I am the creator and chief author of the popular political blog “Texas on the Potomac” on chron.com and mysanantonio.com. I was the leading content provider for Perry Presidential, an award-winning web site dedicated to comprehensive coverage and analysis of Texas Gov. Rick Perry’s unsuccessful 2012 presidential campaign.
“First, readers were lucky to have a newspaper willing to dedicate the staff to cover Perry’s bid as an intensely local story,” the Texas Associated Press Managing Editors wrote in the 2013 award explanation. “Just as important, the overall level of work was superb.”
From 1992 to July 2007, I was the national political correspondent for Business Week magazine, covering the White House, Congress, economic issues, and political and policy trends.
I earlier spent seven years in the Washington bureau of the Dallas Times Herald as a national political reporter, congressional correspondent and Supreme Court correspondent. During my 13 years at the Dallas Times Herald, I also was a city desk reporter in Dallas and a correspondent in the Austin bureau, where I covered state government, the Texas Legislature, the state budget, education and Texas politics.
I have offered political analysis on ABC, CNN, CNBC, MSNBC, the PBS News Hour and SiriusXM Satellite Radio. I also have appeared on C-SPAN, the BBC, National Public Radio, ABC Radio, Fox News Channel and numerous radio stations and networks.
From 2005 to 2009, I wrote a “Letter from America” column for the Finnish newspaper Aamulehti explaining U.S. politics and culture to an international audience.
A former president of both the National Press Club and the National Press Club Journalism Institute, the educational and charitable arm of the world’s leading professional organization for journalists, I try to remain on the cutting edge of journalism technology and training. I have taught classes and hosted panel discussions on journalism skills, web content, social media and journalism ethics.
From 1999 to 2005, I was a mentor with the UNITY Mentor Program for young journalists of color, where I worked one-on-one with young journalists and taught workshops on journalism skills. I have lectured to classes at institutions including Texas A&M University, American University, Boston University, the University of Alabama, Towson State University, Carleton College and Flagler College.

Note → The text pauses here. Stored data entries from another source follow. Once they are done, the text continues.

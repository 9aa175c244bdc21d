// bodyStructure: the parts of a message as a tree (RFC 8621, section 4.1.4).
ghost use Rattle.std.specs.Prelude.{◌≡◌, ◌∷◌, [], All, IfOk, length};
ghost use Rattle.jm_json.specs.Json.{tree_of as json_of};
ghost use Rattle.mime_tree.specs.Places.{AllPlaced};
ghost use Rattle.mime_type.specs.PartTrees.{none};
ghost use Rattle.mime_type.specs.PartViews.{joined, node_of, part_before};
ghost use Rattle.mail_view.specs.Parts;
ghost use Rattle.mail_view.specs.Sizes.{IsSizeOf};

use crate::part::{Showing, write_part_members};
use jm_base::NoMemory;
use jm_json::{Items, Json, Members};
use mime_type::Part;
use std::alloc::Global;

// Returns the members of a part, of a multipart with the parts within it.
fn add_sub_parts(
    alloc: Global,
    part: &Part,
    inner: Items,
    members: Members,
) -> Result<Members, NoMemory>
    ensures { IfOk result (λ ms. ms ≡ Parts.with_parts (node_of part.now) inner members) }
{
    let mut members = members;
    if part.boundary.is_none() {
        return Ok(members);
    }
    members.set(alloc, "subParts", Json::List(inner))?;
    Ok(members)
}

/// Returns the view of a part with those within it. Multiparts nest at most `MAX_MULTIPART_LEVELS`
/// deep.
#[cycle(structure)]
pub(crate) fn write_structure(
    alloc: Global,
    showing: &Showing<'_>,
    part: &Part,
) -> Result<Json, NoMemory>
    requires placed { AllPlaced (length showing.now.bytes.now) (part_before part.now none) }
    requires sizes { All (IsSizeOf showing.now.bytes.now) showing.now.sizes.now }
    ensures { IfOk result (λ t.
        Parts.structures showing.now.bytes.now showing.now.blob.now showing.now.asked.now
        (part_before part.now none) ≡ json_of t ∷ []) }
{
    let inner = write_structures(alloc, showing, part.parts.as_slice())?;
    let members = write_part_members(alloc, showing, part)?;
    Ok(Json::Object(add_sub_parts(alloc, part, inner, members)?))
}

#[cycle(structure)]
fn write_structures(alloc: Global, showing: &Showing<'_>, parts: &[Part]) -> Result<Items, NoMemory>
    requires placed { AllPlaced (length showing.now.bytes.now) (joined parts.now none) }
    requires sizes { All (IsSizeOf showing.now.bytes.now) showing.now.sizes.now }
    ensures { IfOk result (λ ts. ts
        ≡ Parts.structures showing.now.bytes.now showing.now.blob.now showing.now.asked.now
        (joined parts.now none)) }
{
    let mut items = Items::with_room(alloc, parts.len())?;
    for part in parts {
        items.push(write_structure(alloc, showing, part)?)?;
    }
    Ok(items)
}
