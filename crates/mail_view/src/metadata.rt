// The metadata properties of an email (RFC 8621, section 4.1.1).
ghost use Rattle.std.specs.Prelude.{◌≡◌, [], ◌∷◌, IfOk, true, map};
ghost use Rattle.jm_json.specs.Json.{tree_of as json_of};
ghost use Rattle.jm_json.specs.Tree.{boolean};
ghost use Rattle.mail_view.specs.Objects.{put_all};
ghost use Rattle.mail_view.specs.View.{date_tree, id_tree, identifier, keywords_tree, known_of, known_tree, mailboxes_tree, received_tree, thread_tree};
ghost use Rattle.mail_view.specs.Views.{email_of};

use get_args::MetadataProperty;
use jm_base::{
    FIRST_TIMESTAMP, Id, Kind, LAST_TIMESTAMP, NoMemory, Text, UtcDate, id_text, utc_text,
};
use jm_json::{Json, Members};
use mail_records::Email;
use std::alloc::Global;

fn write_id(alloc: Global, kind: Kind, number: u64) -> Result<Text, NoMemory>
    ensures { IfOk result (λ t. t ≡ identifier kind number) }
{
    id_text(alloc, &Id { kind, number })
}

fn write_email_id(alloc: Global, email: Option<&Email>) -> Result<Json, NoMemory>
    ensures { IfOk result (λ t. json_of t ≡ known_of id_tree (email_of email.entry)) }
{
    match email {
        Some(email) => Ok(Json::Text(write_id(alloc, Kind::Email, email.number)?)),
        None => Ok(Json::Null),
    }
}

fn write_thread_id(alloc: Global, email: Option<&Email>) -> Result<Json, NoMemory>
    ensures { IfOk result (λ t. json_of t ≡ known_of thread_tree (email_of email.entry)) }
{
    match email {
        Some(email) => Ok(Json::Text(write_id(alloc, Kind::Thread, email.thread)?)),
        None => Ok(Json::Null),
    }
}

fn write_mailbox_set(alloc: Global, numbers: &[u64]) -> Result<Members, NoMemory>
    ensures { IfOk result (λ ms. ms
        ≡ put_all (map (λ k. (k, boolean true)) (map (identifier Kind.Mailbox) numbers.now)) []) }
{
    let mut set = Members::with_room(alloc, numbers.len())?;
    for number in numbers {
        set.put(write_id(alloc, Kind::Mailbox, *number)?, Json::Bool(true))?;
    }
    Ok(set)
}

fn write_mailbox_ids(alloc: Global, email: Option<&Email>) -> Result<Json, NoMemory>
    ensures { IfOk result (λ t. json_of t ≡ known_of mailboxes_tree (email_of email.entry)) }
{
    match email {
        Some(email) => {
            let set = write_mailbox_set(alloc, email.mailboxes.as_slice())?;
            Ok(Json::Object(set))
        }
        None => Ok(Json::Null),
    }
}

/// Returns the `keywords` of an email with these keywords: an object that has `true` at each.
pub fn write_keyword_set(alloc: Global, texts: &[Text]) -> Result<Members, NoMemory>
    ensures { IfOk result (λ ms. ms ≡ put_all (map (λ k. (k, boolean true)) texts.now) []) }
{
    let mut set = Members::with_room(alloc, texts.len())?;
    for text in texts {
        set.put(text.copy()?, Json::Bool(true))?;
    }
    Ok(set)
}

fn write_keywords(alloc: Global, email: Option<&Email>) -> Result<Json, NoMemory>
    ensures { IfOk result (λ t. json_of t ≡ known_of keywords_tree (email_of email.entry)) }
{
    match email {
        Some(email) => {
            let set = write_keyword_set(alloc, email.keywords.as_slice())?;
            Ok(Json::Object(set))
        }
        None => Ok(Json::Null),
    }
}

/// Returns the text of a date (RFC 3339), or null if it is not of the years 0001 to 9999.
pub fn write_date(alloc: Global, date: &UtcDate) -> Result<Json, NoMemory>
    ensures { IfOk result (λ t. json_of t ≡ date_tree date.now) }
{
    if date.seconds < FIRST_TIMESTAMP || date.seconds > LAST_TIMESTAMP as i64 {
        return Ok(Json::Null);
    }
    Ok(Json::Text(utc_text(alloc, date)?))
}

fn write_received_at(alloc: Global, email: Option<&Email>) -> Result<Json, NoMemory>
    ensures { IfOk result (λ t. json_of t ≡ known_of received_tree (email_of email.entry)) }
{
    match email {
        Some(email) => write_date(alloc, &email.received),
        None => Ok(Json::Null),
    }
}

/// Returns a metadata property of a message with these bytes and this blob id, and of the email
/// that it is, if it is one.
pub(crate) fn write_metadata(
    alloc: Global,
    bytes: &[u8],
    blob: &str,
    email: Option<&Email>,
    property: MetadataProperty,
) -> Result<Json, NoMemory>
    ensures { IfOk result (λ t.
        json_of t ≡ known_tree bytes.now blob.now (email_of email.entry) property) }
{
    match property {
        MetadataProperty::Id => write_email_id(alloc, email),
        MetadataProperty::BlobId => Ok(Json::Text(Text::from_str(alloc, blob)?)),
        MetadataProperty::ThreadId => write_thread_id(alloc, email),
        MetadataProperty::MailboxIds => write_mailbox_ids(alloc, email),
        MetadataProperty::Keywords => write_keywords(alloc, email),
        MetadataProperty::Size => Ok(Json::Int(bytes.len() as i64)),
        MetadataProperty::ReceivedAt => write_received_at(alloc, email),
    }
}
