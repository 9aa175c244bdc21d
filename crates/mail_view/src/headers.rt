// The JSON view of header fields (RFC 8621, sections 4.1.2 and 4.1.3).
ghost use Rattle.std.specs.Prelude.{◌≡◌, All, IfOk, map};
ghost use Rattle.jm_json.specs.Json.{tree_of};
ghost use Rattle.mime_lines.specs.Fields.{fields_of};
ghost use Rattle.mime_lines.specs.FieldOffsets.{IsWithin, last_value_of};
ghost use Rattle.header_forms.specs.Forms.{form_tree};
ghost use Rattle.mail_view.specs.Headers.{field_tree, header_among, header_tree, headers_tree, value_or_null, values_of};

use get_args::HeaderProperty;
use header_forms::{Form, form_of};
use jm_base::{NoMemory, Text};
use jm_json::{Items, Json, Members};
use mime_lines::{Field, FieldSpans, find_last_value};
use std::alloc::Global;

// Returns the values of all fields of this name, in a form.
fn write_all_values(
    alloc: Global,
    bytes: &[u8],
    fields: &[Field],
    name: &[u8],
    form: Form,
) -> Result<Items, NoMemory>
    requires { All (IsWithin bytes.now) fields.now }
    ensures { IfOk result (λ ts.
        ts ≡ map (form_tree form) (values_of bytes.now name.now fields.now)) }
{
    let mut values = Items::new(alloc);
    for field in fields {
        if !field.is_named(bytes, name) {
            continue;
        }
        values.push(form_of(alloc, field.value(bytes), form)?)?;
    }
    Ok(values)
}

// Returns the value of the last field of this name, in a form, or null.
fn write_last_value(
    alloc: Global,
    bytes: &[u8],
    fields: &FieldSpans,
    name: &[u8],
    form: Form,
) -> Result<Json, NoMemory>
    requires { All (IsWithin bytes.now) fields.now }
    ensures { IfOk result (λ t. tree_of t
        ≡ value_or_null form (last_value_of bytes.now name.now fields.now)) }
{
    match find_last_value(bytes, fields, name) {
        Some(value) => form_of(alloc, value, form),
        None => Ok(Json::Null),
    }
}

// Returns a field that is asked for, of these fields.
fn write_header_among(
    alloc: Global,
    bytes: &[u8],
    fields: &FieldSpans,
    asked: &HeaderProperty,
) -> Result<Json, NoMemory>
    requires { All (IsWithin bytes.now) fields.now }
    ensures { IfOk result (λ t. tree_of t ≡ header_among bytes.now fields.now asked.now) }
{
    let name = asked.field.as_bytes();
    if asked.all {
        let values = write_all_values(alloc, bytes, fields.as_slice(), name, asked.form)?;
        return Ok(Json::List(values));
    }
    write_last_value(alloc, bytes, fields, name, asked.form)
}

/// Returns a header field that is asked for, of a message or a part with these bytes and fields.
pub(crate) fn write_header(
    alloc: Global,
    bytes: &[u8],
    fields: &FieldSpans,
    asked: &HeaderProperty,
) -> Result<Json, NoMemory>
    requires found { fields.now ≡ fields_of bytes.now }
    requires within { All (IsWithin bytes.now) fields.now }
    ensures { IfOk result (λ t. tree_of t ≡ header_tree bytes.now asked.now) }
{
    write_header_among(alloc, bytes, fields, asked)
}

// Returns a field with its name and its raw value.
fn write_field(alloc: Global, bytes: &[u8], field: &Field) -> Result<Json, NoMemory>
    requires { IsWithin bytes.now field.now }
    ensures { IfOk result (λ t. tree_of t ≡ field_tree bytes.now field.now) }
{
    let name = Text::from_string(String::from_utf8_lossy(alloc, field.name(bytes))?);
    let value = form_of(alloc, field.value(bytes), Form::Raw)?;
    let mut object = Members::with_room(alloc, 2)?;
    object.set(alloc, "name", Json::Text(name))?;
    object.set(alloc, "value", value)?;
    Ok(Json::Object(object))
}

fn write_fields(alloc: Global, bytes: &[u8], fields: &[Field]) -> Result<Items, NoMemory>
    requires { All (IsWithin bytes.now) fields.now }
    ensures { IfOk result (λ ts. ts ≡ map (field_tree bytes.now) fields.now) }
{
    let mut objects = Items::with_room(alloc, fields.len())?;
    for field in fields {
        objects.push(write_field(alloc, bytes, field)?)?;
    }
    Ok(objects)
}

/// Returns all header fields of a message or a part with these bytes and fields.
pub(crate) fn write_headers(
    alloc: Global,
    bytes: &[u8],
    fields: &FieldSpans,
) -> Result<Json, NoMemory>
    requires found { fields.now ≡ fields_of bytes.now }
    requires within { All (IsWithin bytes.now) fields.now }
    ensures { IfOk result (λ t. tree_of t ≡ headers_tree bytes.now) }
{
    Ok(Json::List(write_fields(alloc, bytes, fields.as_slice())?))
}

I also have written for the Philadelphia Inquirer (as University of Pennsylvania stringer) and the Cleveland Plain Dealer (as a summer intern), and have contributed to three books (“The Founding City,” Chilton Books, 1976, “The Handbook of Campaign Spending,” Congressional Quarterly Press, 1992, and “The Almanac of the Unelected,” Bernan Press, 2006). I wrote a new foreword to the 60th anniversary edition of my grandfather Barrows Dunham’s classic philosophy book, “Man against Myth,” which was republished in 2007.
I have served on the steering committee of The Reporters Committee for Freedom of the Press since 1999 and am a former chairman of the steering committee.
From 1992 to 1999, I served on the Executive Committee of Periodical Correspondents, which oversees the press galleries on Capitol Hill for more than 2,000 news magazine and newsletter correspondents. As Executive Committee chairman from 1995 to 1997, I helped to coordinate press logistics for the national conventions and presidential inauguration.I am a graduate of Central High School in Philadelphia (233rd class) and hold B.A. and M.A. degrees in history from the University of Pennsylvania. My wife, Pam Tobey, is a graphic artist at the Washington Post.